Scratch pad memory is unique to each team can will be reused from a
larger pool of memory available for all teams. However, this allocation
tracking only works if the ScratchPadView
s are constructed within
the outer parallel regions. Therefore, allocating/constructing
ScratchPadView
s within functions that are called in the outer
parallel region will lead to an overallocation of memory (and likely
result in a segfault or out of memory exceptions).
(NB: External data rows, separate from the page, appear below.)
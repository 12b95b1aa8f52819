//! Why workers execute no more steps.

ghost use Rattle.std.specs.Prelude.{◌≡◌, ◌≢◌, ◌&&◌, IfOk, IfErr, OnErr, IsTrue, IsFalse, None, Some, nat_lt, nat_eq};
ghost use Rattle.tb_live.specs.Modes.{is_paused};
ghost use Rattle.tb_live.specs.Moves.{least_task};
ghost use Rattle.tb_live.specs.Session.{history, is_full};
ghost use Rattle.tb_team.specs.Gone.{HasSeats};
ghost use Rattle.tb_team.specs.Looking.{KeepsButClaims, meets_newest, reason};
ghost use Rattle.tb_team.specs.Losing.{IsUnstopped};
ghost use Rattle.tb_team.specs.Turns.{why_idle};

use crate::looking::newest_is_met;
use crate::lost::Lost;
use crate::stop::Stop;
use std::alloc::AllocError;
use tb_live::{Claim, Live, StepRefusal};

/// Whether no task can step, where the journal has a slot.
fn is_done(live: &mut Live) -> Result<bool, AllocError>
    requires seats { HasSeats live.old.session }
    requires going { IsFalse (is_paused live.old.session.control.mode) }
    requires room { IsFalse (is_full live.old.session) }
    ensures done { IfOk result (λ done. IsTrue done → why_idle (least_task live.old.session) (is_full live.old.session) ≡ Some Stop.Done) }
    ensures going { IfOk result (λ done. IsFalse done → why_idle (least_task live.old.session) (is_full live.old.session) ≡ None) }
    ensures kept { KeepsButClaims live.old.session live.new.session }
{
    match live.claim(1)? {
        Claim::Done => Ok(true),
        _ => Ok(false),
    }
}

/// Why no step follows where the journal is full.
fn full_stop(live: &mut Live) -> Result<Stop, AllocError>
    requires { IsTrue (is_full live.old.session) }
    ensures why { IfOk result (λ why. why_idle (least_task live.old.session) (is_full live.old.session) ≡ Some why) }
    ensures err { OnErr result (least_task live.old.session ≢ None → IsFalse (is_full live.old.session)) }
    ensures kept { IfOk result (λ why. live.new.session ≡ live.old.session) }
{
    match live.step_least_for(1) {
        Ok(None) => Ok(Stop::Done),
        Err(StepRefusal::Full) => Ok(Stop::Full),
        Err(StepRefusal::Memory) => Err(AllocError),
        _ => unreachable!(),
    }
}

/// Why no step follows in a run that goes on.
fn idle_stop(live: &mut Live) -> Result<Option<Stop>, AllocError>
    requires seats { HasSeats live.old.session }
    requires going { IsFalse (is_paused live.old.session.control.mode) }
    ensures why { IfOk result (λ o. why_idle (least_task live.old.session) (is_full live.old.session) ≡ o) }
    ensures err { OnErr result (least_task live.old.session ≢ None → IsFalse (is_full live.old.session)) }
    ensures kept { IfOk result (λ o. KeepsButClaims live.old.session live.new.session) }
{
    if live.is_full() {
        let stop = full_stop(live)?;
        return Ok(Some(stop));
    }
    let done = is_done(live)?;
    if done { Ok(Some(Stop::Done)) } else { Ok(None) }
}

/// Why no step follows after so many of at most so many. Only claims change.
pub fn stop_after(live: &mut Live, count: u32, most: u32) -> Result<Stop, Lost>
    requires seats { HasSeats live.old.session }
    requires going { IsFalse (is_paused live.old.session.control.mode) }
    ensures why { IfOk result (λ why. reason
        (nat_lt 0 count && meets_newest live.old.session.program live.old.session.control.breakpoints.standing (history live.old.session))
        (nat_eq count most) live.old.session ≡ Some why) }
    ensures lost { IfErr result (IsUnstopped count most live.old.session) }
    ensures kept { IfOk result (λ why. KeepsButClaims live.old.session live.new.session) }
{
    if 0 < count && newest_is_met(live) {
        return Ok(Stop::Break);
    }
    if count == most {
        return Ok(Stop::Limit);
    }
    match idle_stop(live)? {
        Some(stop) => Ok(stop),
        None => Err(Lost::Unstopped),
    }
}
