//! Why a run of steps stops.

ghost use Rattle.std.specs.Prelude.{◌≡◌};
ghost use Rattle.tb_team.specs.Stops.{stop_word};

/// Why a run executes no more steps: the first that holds, in this order.
#[derive(Clone, Copy, Debug, PartialEq, Eq)]
pub enum Stop {
    /// The step just taken met a breakpoint.
    Break,
    /// All steps that it may take are taken.
    Limit,
    /// No task can step: all have ended.
    Done,
    /// The journal has no slot.
    Full,
}

impl Stop {
    /// How a reply says it.
    pub fn word(&self) -> &'static str
        ensures { result.now ≡ stop_word self.now }
    {
        match self {
            Stop::Break => "break",
            Stop::Limit => "limit",
            Stop::Done => "done",
            Stop::Full => "full",
        }
    }
}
Where to use barriers/fences?
As mentioned above, kernel launches are non-blocking and kernel
executions are asynchronous (potentially handles by the execution space
scheduler). Thus, barriers are required where the following code
requires the successful execution of all kernels scheduled. There are
three obvious places where this applies: 1. Around MPI calls, e.g.,
sending a buffer should first be done when the kernel filling the buffer
has finished. In order for the parallel execution to continue (e.g.,
multiple MeshBlocks
in multiple device streams) the fence
function of the corresponding execution space needs to be used, i.e.,
pmb->exec_space.fence();
and not the global fence
(Kokkos::fence();
). 2. Within a nested parallel regions when using
scratch space. The threads within a team are independent and thus a
member.team_barrier()
is required between filling the scratch space
and (re)using it. 3. When collecting the results of a parallel reduction
on a View
. Usually parallel_reduce
regions are blocking if the
result of the reduction is a host variable (more precisely, of scalar
type), e.g., a simple double
(or here a Real
). If the result of
the reduction is a View
then the region is non-blocking and other
places in the code should ensure that all reductions are finished (e.g.,
calculating the minimum timestep over all MeshBlocks
of a single
process. This also applies to hierarchical parallelism, i.e., when an
inner parallel_reduce
reduces to a ScratchPadView
then a
team_barrier()
is required.
Why do I need to redefine variables preceding a parallel region?
The KOKKOS_LAMBDA
macro expands into a capture by value [=]
(plus host/device annotations). Thus, class member variables are not
captured directly, but rather this
is, see also a related
issue on GitHub. A
redefinition, e.g., auto coarse_coords = this->coarse_coords;
ensures that the desired object is properly captured and available
within the kernel(/parallel region).
What does
"error: The enclosing parent function ("...") for an extended __host__ __device__ lambda cannot have private or protected access within its class"
mean?
This is a current Cuda limitation for extended device lambdas, see Cuda programming guide, and can be “fixed”/addressed by making the function public.